_WHAT YOU ARE ASKED TO DO:_
Among the entries below, how many lines contain the string "Member"? Only the number, please.

_DATA FOR THIS TASK:_
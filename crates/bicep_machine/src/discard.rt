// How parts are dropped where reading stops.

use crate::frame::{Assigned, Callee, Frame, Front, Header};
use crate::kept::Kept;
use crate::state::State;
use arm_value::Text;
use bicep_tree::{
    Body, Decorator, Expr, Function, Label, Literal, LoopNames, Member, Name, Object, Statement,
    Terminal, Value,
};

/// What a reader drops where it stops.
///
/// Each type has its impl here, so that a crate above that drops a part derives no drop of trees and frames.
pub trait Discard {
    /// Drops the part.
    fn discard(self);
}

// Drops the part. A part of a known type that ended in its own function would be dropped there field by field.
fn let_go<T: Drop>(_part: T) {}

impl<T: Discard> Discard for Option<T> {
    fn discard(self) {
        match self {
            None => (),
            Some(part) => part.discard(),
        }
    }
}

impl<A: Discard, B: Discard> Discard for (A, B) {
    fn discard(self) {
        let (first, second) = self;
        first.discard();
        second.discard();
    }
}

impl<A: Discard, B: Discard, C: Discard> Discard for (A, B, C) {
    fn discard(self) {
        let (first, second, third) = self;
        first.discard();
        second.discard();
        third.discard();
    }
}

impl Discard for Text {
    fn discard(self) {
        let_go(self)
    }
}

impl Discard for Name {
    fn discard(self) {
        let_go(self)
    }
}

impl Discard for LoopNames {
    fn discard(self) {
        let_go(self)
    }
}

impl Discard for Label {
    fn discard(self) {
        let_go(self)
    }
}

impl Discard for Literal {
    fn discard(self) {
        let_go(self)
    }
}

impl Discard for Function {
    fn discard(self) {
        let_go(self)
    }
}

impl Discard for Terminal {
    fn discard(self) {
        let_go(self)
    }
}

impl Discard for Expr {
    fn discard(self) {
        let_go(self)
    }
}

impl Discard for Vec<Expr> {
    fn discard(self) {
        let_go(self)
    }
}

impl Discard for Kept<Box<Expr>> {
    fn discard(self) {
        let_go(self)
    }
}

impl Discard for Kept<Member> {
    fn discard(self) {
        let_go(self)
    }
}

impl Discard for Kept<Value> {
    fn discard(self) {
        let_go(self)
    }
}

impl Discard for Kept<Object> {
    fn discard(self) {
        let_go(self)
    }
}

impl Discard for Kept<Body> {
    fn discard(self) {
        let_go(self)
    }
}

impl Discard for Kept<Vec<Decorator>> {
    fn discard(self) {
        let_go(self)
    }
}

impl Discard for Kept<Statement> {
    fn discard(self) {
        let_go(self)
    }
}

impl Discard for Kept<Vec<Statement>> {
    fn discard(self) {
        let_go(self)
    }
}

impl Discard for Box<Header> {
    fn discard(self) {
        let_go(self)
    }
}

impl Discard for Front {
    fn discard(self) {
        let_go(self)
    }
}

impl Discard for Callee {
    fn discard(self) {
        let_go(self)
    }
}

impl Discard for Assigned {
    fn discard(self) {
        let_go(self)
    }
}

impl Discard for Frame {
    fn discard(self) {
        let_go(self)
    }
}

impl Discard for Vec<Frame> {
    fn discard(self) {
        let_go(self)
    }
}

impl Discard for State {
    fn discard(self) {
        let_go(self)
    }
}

_ANSWER SPACE:_
2